コンプライアンス(法令遵守)

コンプライアンス(法令遵守)。
会社が活動する上で、法令を遵守して活動しましょう、というもの。


法律や命令等をまとめて法令っていう。

命令っていうのは行政が作った法律みたいなもの。

法律は国会でしか作れない。
だけど、それじゃ活動しにくいので法律の中で委任する。
この委任があって、はじめて行政が細かいことを決められる。

行政の親玉、内閣が作る命令を政令、内閣総理大臣が作った命令を内閣府令、各省大臣が作った命令を省令という。

法律のほかに規則とか政令とか省令とか、そういうのをひっくるめて法令っていう。

コンプライアンスってのはこれら法令に反しないように活動するってのがキモ。

かといって、法令にないなら何でもやっていいという考え方は間違い。
H氏やM氏が間違えているのはここ。

H氏は別としてM氏は官僚にいて法律を作る方にいたからそんなことくらい知っているだろうと思うけど、どこかで間違えたんだろう。

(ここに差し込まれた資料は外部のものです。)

//! Ends in memory. One whose growth is refused counts a fault, and has ended from then on.

use crate::making::{CUT, server};
use crate::told::{put_bytes, put_unless};
use memory_ends::memory_client::MemoryClient;
use server_end::{ClientEnd, Moved, ServerEnd};
use std::alloc::{AllocError, Global};

/// The bytes that a read takes at most.
const CHUNK: usize = 64;

/// An end has fewer calls than this until nothing moves.
const MAX_CALLS: u64 = 200;

/// Ann's StartupMessage, her password, a Query, and a prepared statement that is executed.
const PACKETS: [&[u8]; 4] = [
    b"\0\0\0\x20\0\x03\0\0user\0ann\0database\0shop\0\0",
    b"p\0\0\0\x0bsecret\0",
    b"Q\0\0\0\x17SELECT * FROM city\0",
    b"P\0\0\0\x16s\0SHOW TimeZone\0\0\0B\0\0\0\x0d\0s\0\0\0\0\0\0\0E\0\0\0\x09\0\0\0\0\0S\0\0\0\x04",
];

/// Writes all of these bytes; whether each call moved some.
pub fn writes_all<E: ServerEnd>(end: &mut E, bytes: &[u8]) -> bool {
    let mut rest = bytes;
    for _ in 0..bytes.len() {
        if rest.is_empty() {
            break;
        }
        match end.write_some(rest) {
            Moved::Count(count) => rest = &rest[count..],
            _ => return false,
        }
    }
    true
}

/// Reads until nothing more is there; whether that is told in the end.
pub fn reads_all<E: ServerEnd>(end: &mut E, given: &mut Vec<u8>) -> Result<bool, AllocError> {
    let mut chunk = [0u8; CHUNK];
    for _ in 0..MAX_CALLS {
        match end.read_some(&mut chunk) {
            Moved::Count(count) => given.extend_from_slice(&chunk[..count])?,
            Moved::NotNow => return Ok(true),
            Moved::Ended | Moved::Fault => return Ok(false),
        }
    }
    Ok(false)
}

/// Whether it has counted one fault, and each later call tells that it has ended and isn't counted.
pub fn has_ended<E: ServerEnd>(end: &mut E) -> bool {
    let mut chunk = [0u8; CHUNK];
    for _ in 0..3 {
        if end.read_some(&mut chunk) != Moved::Ended || end.write_some(b"S") != Moved::Ended {
            return false;
        }
    }
    end.faults() == 1
}

/// Whether it has counted no fault and gives what is there.
pub fn is_alive<E: ServerEnd>(end: &mut E) -> bool {
    let mut chunk = [0u8; CHUNK];
    match end.read_some(&mut chunk) {
        Moved::Count(_) | Moved::NotNow => end.faults() == 0,
        Moved::Ended | Moved::Fault => false,
    }
}

/// The packets one by one: whether no call failed.
fn answers<E: ServerEnd>(end: &mut E, given: &mut Vec<u8>) -> Result<bool, AllocError> {
    for packet in PACKETS {
        if !writes_all(end, packet) || !reads_all(end, given)? {
            return Ok(false);
        }
    }
    Ok(true)
}

/// What a server's end answers to the packets; the next one does, where it ends.
fn put_answers<E: ServerEnd>(
    alloc: Global,
    end: E,
    next: E,
    out: &mut Vec<u8>,
) -> Result<(), AllocError> {
    let mut given = Vec::new(alloc);
    let mut end = end;
    if !answers(&mut end, &mut given)? {
        put_unless(has_ended(&mut end), b"a server's end goes on", out)?;
        given.clear();
        end = next;
        put_unless(
            answers(&mut end, &mut given)?,
            b"the next one fails too",
            out,
        )?;
    }
    put_bytes(alloc, b"server", given.as_slice(), out)
}

/// The client takes all of these bytes: whether each call moved some.
fn takes_all<C: ClientEnd>(client: &mut C, bytes: &[u8]) -> bool {
    let mut rest = bytes;
    for _ in 0..bytes.len() {
        if rest.is_empty() {
            break;
        }
        match client.write_some(rest) {
            Moved::Count(count) => rest = &rest[count..],
            _ => return false,
        }
    }
    true
}

/// Whether it has counted one fault, and each later call tells that it has ended and isn't counted.
fn has_gone<C: ClientEnd>(client: &mut C) -> bool {
    let mut chunk = [0u8; CHUNK];
    for _ in 0..3 {
        if client.read_some(&mut chunk) != Moved::Ended || client.write_some(b"S") != Moved::Ended {
            return false;
        }
    }
    client.faults() == 1
}

/// What a client was given of these bytes; the next one is, where it ends.
fn put_given(alloc: Global, bytes: &[u8], out: &mut Vec<u8>) -> Result<(), AllocError> {
    let mut client = MemoryClient::new(alloc, b"S\0\0\0\x04", CUT)?;
    let mut next = MemoryClient::new(alloc, b"", CUT)?;
    if takes_all(&mut client, bytes) {
        return put_bytes(alloc, b"client", client.given(), out);
    }
    put_unless(has_gone(&mut client), b"a client's end goes on", out)?;
    let is_beginning = bytes.starts_with(client.given());
    put_unless(is_beginning, b"a client has other bytes", out)?;
    put_unless(takes_all(&mut next, bytes), b"the next one fails too", out)?;
    put_bytes(alloc, b"client", next.given(), out)
}

/// Ends of both sides.
pub fn told(alloc: Global, out: &mut Vec<u8>) -> Result<(), AllocError> {
    put_answers(alloc, server(alloc)?, server(alloc)?, out)?;
    for packet in PACKETS {
        put_given(alloc, packet, out)?;
    }
    Ok(())
}
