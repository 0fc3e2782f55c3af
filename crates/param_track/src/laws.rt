//! Laws of a link's reports, over the definitions alone, each the contract of a function that does nothing.
ghost use Rattle.param_track.specs.ReportLaws.{AtStartExactly, ReportsAreTold};

/// What is kept tells of the reports of the start and of those since then, through every call.
pub fn reports_are_told()
    ensures { ReportsAreTold }
{}

/// All is found to be as at the start exactly where each value last told is the start's.
pub fn at_start_exactly()
    ensures { AtStartExactly }
{}
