//! What is asked by the bytes of a request.
use metrics_http::request::{Asked, MAX_HEAD, read_request};
use std::alloc::{AllocError, Global};
use std::test::Fail;

/// Requests at an address of this machine alone, and what they ask for.
const ROWS: &[(&[u8], Option<Asked>)] = &[
    // hosts that are this machine, or an address
    (
        b"GET /metrics HTTP/1.1\r\nHost: localhost\r\n\r\n",
        Some(Asked::Metrics),
    ),
    (
        b"GET /metrics HTTP/1.1\r\nHost: localhost:9127\r\n\r\n",
        Some(Asked::Metrics),
    ),
    (
        b"GET /metrics HTTP/1.1\r\nHost: LocalHost:\r\n\r\n",
        Some(Asked::Metrics),
    ),
    (
        b"GET /metrics HTTP/1.1\r\nHost: 127.0.0.1:9127\r\n\r\n",
        Some(Asked::Metrics),
    ),
    (
        b"GET /metrics HTTP/1.1\r\nHost: 10.0.0.7\r\n\r\n",
        Some(Asked::Metrics),
    ),
    (
        b"GET /metrics HTTP/1.1\r\nHost: [::1]:9127\r\n\r\n",
        Some(Asked::Metrics),
    ),
    (
        b"GET /metrics HTTP/1.1\r\nHost: [2001:DB8::7]\r\n\r\n",
        Some(Asked::Metrics),
    ),
    (
        b"GET /metrics HTTP/1.1\r\nHost: [::ffff:10.0.0.7]:1\r\n\r\n",
        Some(Asked::Metrics),
    ),
    (
        b"GET /metrics HTTP/1.1\r\nAccept: */*\r\nhOST:\t192.168.0.1:80 \r\nX: y\r\n\r\n",
        Some(Asked::Metrics),
    ),
    (
        b"GET /metrics HTTP/1.1\r\nHost: localhost\r\nHost: [::1]\r\n\r\n",
        Some(Asked::Metrics),
    ),
    // an older client says none
    (b"GET /metrics HTTP/1.0\r\n\r\n", Some(Asked::Metrics)),
    // lines may end in a line feed alone, and bytes may follow
    (
        b"GET /metrics HTTP/1.1\nHost: localhost\n\n",
        Some(Asked::Metrics),
    ),
    (
        b"\r\nGET /metrics HTTP/1.1\r\nHost: localhost\r\n\r\nGET / HTTP/1.1",
        Some(Asked::Metrics),
    ),
    // hosts that are another machine, or nothing
    (
        b"GET /metrics HTTP/1.1\r\nHost: evil.example\r\n\r\n",
        Some(Asked::Misdirected),
    ),
    (
        b"GET /metrics HTTP/1.1\r\nHost: evil.example:9127\r\n\r\n",
        Some(Asked::Misdirected),
    ),
    (
        b"GET /metrics HTTP/1.1\r\nHost: localhost.evil.example\r\n\r\n",
        Some(Asked::Misdirected),
    ),
    (
        b"GET /metrics HTTP/1.1\r\nHost: localhost.\r\n\r\n",
        Some(Asked::Misdirected),
    ),
    (
        b"GET /metrics HTTP/1.1\r\nHost: \r\n\r\n",
        Some(Asked::Misdirected),
    ),
    (
        b"GET /metrics HTTP/1.1\r\nHost: :9127\r\n\r\n",
        Some(Asked::Misdirected),
    ),
    (
        b"GET /metrics HTTP/1.1\r\nHost: localhost:80x\r\n\r\n",
        Some(Asked::Misdirected),
    ),
    (
        b"GET /metrics HTTP/1.1\r\nHost: localhost:80:80\r\n\r\n",
        Some(Asked::Misdirected),
    ),
    (
        b"GET /metrics HTTP/1.1\r\nHost: 127.1\r\n\r\n",
        Some(Asked::Misdirected),
    ),
    (
        b"GET /metrics HTTP/1.1\r\nHost: 127.0.0.01\r\n\r\n",
        Some(Asked::Misdirected),
    ),
    (
        b"GET /metrics HTTP/1.1\r\nHost: 127.0.0.256\r\n\r\n",
        Some(Asked::Misdirected),
    ),
    (
        b"GET /metrics HTTP/1.1\r\nHost: 127.0.0.1.\r\n\r\n",
        Some(Asked::Misdirected),
    ),
    (
        b"GET /metrics HTTP/1.1\r\nHost: ::1\r\n\r\n",
        Some(Asked::Misdirected),
    ),
    (
        b"GET /metrics HTTP/1.1\r\nHost: [::1\r\n\r\n",
        Some(Asked::Misdirected),
    ),
    (
        b"GET /metrics HTTP/1.1\r\nHost: [::1]9127\r\n\r\n",
        Some(Asked::Misdirected),
    ),
    (
        b"GET /metrics HTTP/1.1\r\nHost: [::1]]\r\n\r\n",
        Some(Asked::Misdirected),
    ),
    (
        b"GET /metrics HTTP/1.1\r\nHost: [127.0.0.1]\r\n\r\n",
        Some(Asked::Misdirected),
    ),
    (
        b"GET /metrics HTTP/1.1\r\nHost: [localhost]\r\n\r\n",
        Some(Asked::Misdirected),
    ),
    (
        b"GET /metrics HTTP/1.1\r\nHost: [::1%25lo]\r\n\r\n",
        Some(Asked::Misdirected),
    ),
    (
        b"GET /metrics HTTP/1.1\r\nHost: a@localhost\r\n\r\n",
        Some(Asked::Misdirected),
    ),
    (b"GET /metrics HTTP/1.1\r\n\r\n", Some(Asked::Misdirected)),
    (
        b"GET /metrics HTTP/1.1\r\nHost: localhost\r\nHost: evil.example\r\n\r\n",
        Some(Asked::Misdirected),
    ),
    (
        b"GET /metrics HTTP/1.0\r\nHost: evil.example\r\n\r\n",
        Some(Asked::Misdirected),
    ),
    (
        b"POST / HTTP/1.1\r\nHost: evil.example\r\n\r\n",
        Some(Asked::Misdirected),
    ),
    // other paths
    (
        b"GET / HTTP/1.1\r\nHost: localhost\r\n\r\n",
        Some(Asked::NotFound),
    ),
    (
        b"GET /metrics/ HTTP/1.1\r\nHost: localhost\r\n\r\n",
        Some(Asked::NotFound),
    ),
    (
        b"GET /metrics?x=1 HTTP/1.1\r\nHost: localhost\r\n\r\n",
        Some(Asked::NotFound),
    ),
    (
        b"GET /Metrics HTTP/1.1\r\nHost: localhost\r\n\r\n",
        Some(Asked::NotFound),
    ),
    (
        b"GET /%6detrics HTTP/1.1\r\nHost: localhost\r\n\r\n",
        Some(Asked::NotFound),
    ),
    (
        b"GET http://localhost/metrics HTTP/1.1\r\nHost: localhost\r\n\r\n",
        Some(Asked::NotFound),
    ),
    (
        b"OPTIONS * HTTP/1.1\r\nHost: localhost\r\n\r\n",
        Some(Asked::NotFound),
    ),
    (
        b"POST / HTTP/1.1\r\nHost: localhost\r\n\r\n",
        Some(Asked::NotFound),
    ),
    // other methods
    (
        b"POST /metrics HTTP/1.1\r\nHost: localhost\r\n\r\n",
        Some(Asked::NotAllowed),
    ),
    (
        b"HEAD /metrics HTTP/1.1\r\nHost: localhost\r\n\r\n",
        Some(Asked::NotAllowed),
    ),
    (
        b"get /metrics HTTP/1.1\r\nHost: localhost\r\n\r\n",
        Some(Asked::NotAllowed),
    ),
    (
        b"GETS /metrics HTTP/1.1\r\nHost: localhost\r\n\r\n",
        Some(Asked::NotAllowed),
    ),
    // no requests
    (b"GET /metrics\r\n\r\n", Some(Asked::Malformed)),
    (
        b"GET /metrics HTTP/2.0\r\nHost: localhost\r\n\r\n",
        Some(Asked::Malformed),
    ),
    (
        b"GET  /metrics HTTP/1.1\r\nHost: localhost\r\n\r\n",
        Some(Asked::Malformed),
    ),
    (
        b"GET /metrics HTTP/1.1\r\nHost localhost\r\n\r\n",
        Some(Asked::Malformed),
    ),
    (
        b"GET /metrics HTTP/1.1\r\nHost : localhost\r\n\r\n",
        Some(Asked::Malformed),
    ),
    (
        b"GET /metrics HTTP/1.1\r\nHost: local\0host\r\n\r\n",
        Some(Asked::Malformed),
    ),
    (
        b"GET /metrics HTTP/1.1\r\nHost: localhost\r\n X: y\r\n\r\n",
        Some(Asked::Malformed),
    ),
    (b"\x16\x03\x01\x02\0", Some(Asked::Malformed)),
    (b"\0\0\0\x08\x04\xd2\x16/", Some(Asked::Malformed)),
    // more may come
    (b"", None),
    (b"GE", None),
    (b"GET /metrics HTTP/1.1\r\nHost: evil.example", None),
    (b"GET /metrics HTTP/1.1\r\nHost: localhost\r\n", None),
    (b"GET /metrics HTTP/1.1\r\nHost: localhost\r\n\r", None),
];

#[test]
fn requests(rt: HostRuntime) {
    for &(request, wanted) in ROWS {
        assert!(rt; read_request(request, true) == wanted, "{request:?}");
    }
}

#[test]
fn elsewhere_any_host_is_welcome(rt: HostRuntime) {
    let rows: &[&[u8]] = &[
        b"GET /metrics HTTP/1.1\r\nHost: prometheus.example\r\n\r\n",
        b"GET /metrics HTTP/1.1\r\nHost:\r\n\r\n",
        b"GET /metrics HTTP/1.1\r\n\r\n",
    ];
    for &request in rows {
        assert!(rt;
            read_request(request, false) == Some(Asked::Metrics),
            "{request:?}"
        );
    }
    assert!(rt; read_request(b"GET / HTTP/1.1\r\n\r\n", false) == Some(Asked::NotFound));
}

/// A request with so many fields, the last of so many bytes, without the line that ends it.
fn front(alloc: Global, fields: usize, length: usize) -> Result<Vec<u8>, AllocError> {
    let mut request = Vec::from_slice(alloc, b"GET /metrics HTTP/1.1\r\nHost: localhost\r\n")?;
    for _ in 2..fields {
        request.extend_from_slice(b"X: y\r\n")?;
    }
    request.extend_from_slice(b"X: ")?;
    for _ in 0..length {
        request.push(b'y')?;
    }
    request.extend_from_slice(b"\r\n")?;
    Ok(request)
}

/// The bytes of such a front with two fields, besides those.
const FRONT: usize = 45;

#[test]
fn long_requests(rt: HostRuntime) -> Result<(), Fail> {
    let rows: &[(usize, bool, Option<Asked>)] = &[
        // a head of 4,096 bytes, and one of 4,097
        (MAX_HEAD - FRONT - 2, true, Some(Asked::Metrics)),
        (MAX_HEAD - FRONT - 1, true, Some(Asked::Malformed)),
        // 4,095 bytes that may become one, and 4,096 that can't
        (MAX_HEAD - FRONT - 1, false, None),
        (MAX_HEAD - FRONT, false, Some(Asked::Malformed)),
        (2 * MAX_HEAD, false, Some(Asked::Malformed)),
        (2 * MAX_HEAD, true, Some(Asked::Malformed)),
    ];
    for &(length, is_whole, wanted) in rows {
        let mut request = front(rt.alloc(), 2, length)?;
        if is_whole {
            request.extend_from_slice(b"\r\n")?;
        }
        assert!(rt; read_request(&request, true) == wanted, "{length}");
    }
    Ok(())
}

#[test]
fn many_fields(rt: HostRuntime) -> Result<(), Fail> {
    for (fields, wanted) in [(64, Asked::Metrics), (65, Asked::Malformed)] {
        let mut request = front(rt.alloc(), fields, 1)?;
        request.extend_from_slice(b"\r\n")?;
        assert!(rt; read_request(&request, true) == Some(wanted));
    }
    Ok(())
}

日本は、成文法主義だからまず法令が優先して適用される。
成文法で書いてないことはどうするか?
ここではじめて不文法が登場する。

不文法っていうのは判例や慣習、条理といったもの。

判例は、裁判所が個々の事件ごとに判決した事例。
最高裁判所の判例を変更するには、大法廷でなければできない。
大法廷っていうのは最高裁判所の裁判官全員(15名)で裁判するところ。
判例はいろいろなところで影響を及ぼす。

法令がなければ慣習法を使う。
商法は、成文法である民法よりも慣習法を先に適用する。
慣習は、特定の人々の間で「妥当」と思われている取り決めごと、という感じ。
これが法律レベルまで高められている状態のものを慣習法といったりする。
まぁ、慣習法については、「法例」というかなり古い法律に規定されている。


法令もない。
判例もない。
慣習(法)もない。

このとき何をやってもいいのか?ってことで、H氏やM氏は「何をやってもいい」と理解した。
でも、それは間違い。

最後、条理っていうのがある。
これは曲者だと思う(笑)。

一般市民が抱く感情として、それはいいことか、悪いことか、といった道徳的な判断の中で、濃いいもの・・・。
ほとんどの人がそう思うだろうというもの。道理。
んー、むずかしい。

M氏の場合、まだ法令違反が発覚していない段階で、世間が「バチあたる」っていってたのは、世間の感情として道理に外れていると思ったから。
道理に外れているってことは、条理を遵守していない。
コンプライアンスを軽視した。
無理がとおれば、道理が引っ込む。そのまんま。


短期間にお金儲けしても、それだけで世間が嫌うわけじゃない。
世間がM氏を嫌うのは、短期間にお金儲けするために道理に外れたことをするから。
H氏もM氏もガッコの勉強はできて頭はいいのかもしれないけど、品格・品性はどうだろう。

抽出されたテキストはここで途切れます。